WORK TO BE COMPLETED » From the first line of the records down to the one that holds "number comes first.", transcribe each line exactly and add nothing.

[Stored data]
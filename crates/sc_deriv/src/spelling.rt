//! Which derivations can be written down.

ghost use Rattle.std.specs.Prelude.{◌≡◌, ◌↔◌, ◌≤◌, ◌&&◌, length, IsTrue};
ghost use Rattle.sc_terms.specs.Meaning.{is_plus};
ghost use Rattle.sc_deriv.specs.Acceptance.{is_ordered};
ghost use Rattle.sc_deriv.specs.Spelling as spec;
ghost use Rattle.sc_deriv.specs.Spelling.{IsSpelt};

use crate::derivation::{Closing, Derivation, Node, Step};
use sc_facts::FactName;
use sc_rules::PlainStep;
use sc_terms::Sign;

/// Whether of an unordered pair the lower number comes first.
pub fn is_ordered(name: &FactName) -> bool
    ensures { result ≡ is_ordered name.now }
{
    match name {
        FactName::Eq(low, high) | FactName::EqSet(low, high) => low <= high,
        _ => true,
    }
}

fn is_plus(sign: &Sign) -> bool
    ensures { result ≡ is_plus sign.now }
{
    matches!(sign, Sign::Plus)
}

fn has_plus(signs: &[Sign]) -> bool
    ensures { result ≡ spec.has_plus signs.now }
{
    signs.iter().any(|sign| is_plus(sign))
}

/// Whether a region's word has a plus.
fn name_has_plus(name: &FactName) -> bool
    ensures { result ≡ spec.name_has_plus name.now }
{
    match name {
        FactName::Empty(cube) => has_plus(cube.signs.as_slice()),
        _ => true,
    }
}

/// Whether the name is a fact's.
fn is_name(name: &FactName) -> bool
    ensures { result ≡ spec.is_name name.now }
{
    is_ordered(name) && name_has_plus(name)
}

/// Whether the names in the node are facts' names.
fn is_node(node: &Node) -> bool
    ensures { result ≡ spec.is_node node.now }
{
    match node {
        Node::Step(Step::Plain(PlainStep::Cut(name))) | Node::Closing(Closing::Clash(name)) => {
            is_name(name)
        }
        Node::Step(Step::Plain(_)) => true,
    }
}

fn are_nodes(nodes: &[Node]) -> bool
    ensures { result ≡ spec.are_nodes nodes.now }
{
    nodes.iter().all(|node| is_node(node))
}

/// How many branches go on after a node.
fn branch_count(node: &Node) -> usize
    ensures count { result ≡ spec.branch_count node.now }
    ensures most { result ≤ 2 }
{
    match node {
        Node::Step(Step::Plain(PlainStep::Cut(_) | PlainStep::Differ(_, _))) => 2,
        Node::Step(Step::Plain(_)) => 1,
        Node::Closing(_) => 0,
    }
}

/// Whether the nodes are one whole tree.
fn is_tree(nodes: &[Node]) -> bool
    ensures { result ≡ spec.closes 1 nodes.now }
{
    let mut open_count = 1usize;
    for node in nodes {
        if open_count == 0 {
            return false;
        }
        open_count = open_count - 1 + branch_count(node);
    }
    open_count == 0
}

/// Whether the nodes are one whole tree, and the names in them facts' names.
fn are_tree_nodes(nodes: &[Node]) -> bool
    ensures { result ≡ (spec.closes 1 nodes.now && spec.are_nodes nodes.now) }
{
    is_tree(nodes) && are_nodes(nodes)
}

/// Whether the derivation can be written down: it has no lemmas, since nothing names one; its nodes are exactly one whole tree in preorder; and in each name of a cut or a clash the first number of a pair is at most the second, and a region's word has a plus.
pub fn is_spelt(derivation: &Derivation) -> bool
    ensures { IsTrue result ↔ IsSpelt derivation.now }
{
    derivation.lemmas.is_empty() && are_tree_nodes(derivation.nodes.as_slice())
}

OUTPUT OF THE TASK »
filename crates/sc_deriv/src/spelling.rt
//! Which derivations can be written down.

ghost use Rattle.std.specs.Prelude.{◌≡◌, ◌↔◌, ◌≤◌, ◌&&◌, length, IsTrue};
ghost use Rattle.sc_terms.specs.Meaning.{is_plus};
ghost use Rattle.sc_deriv.specs.Acceptance.{is_ordered};
ghost use Rattle.sc_deriv.specs.Spelling as spec;
ghost use Rattle.sc_deriv.specs.Spelling.{IsSpelt};

use crate::derivation::{Closing, Derivation, Node, Step};
use sc_facts::FactName;
use sc_rules::PlainStep;
use sc_terms::Sign;

/// Whether of an unordered pair the lower number comes first.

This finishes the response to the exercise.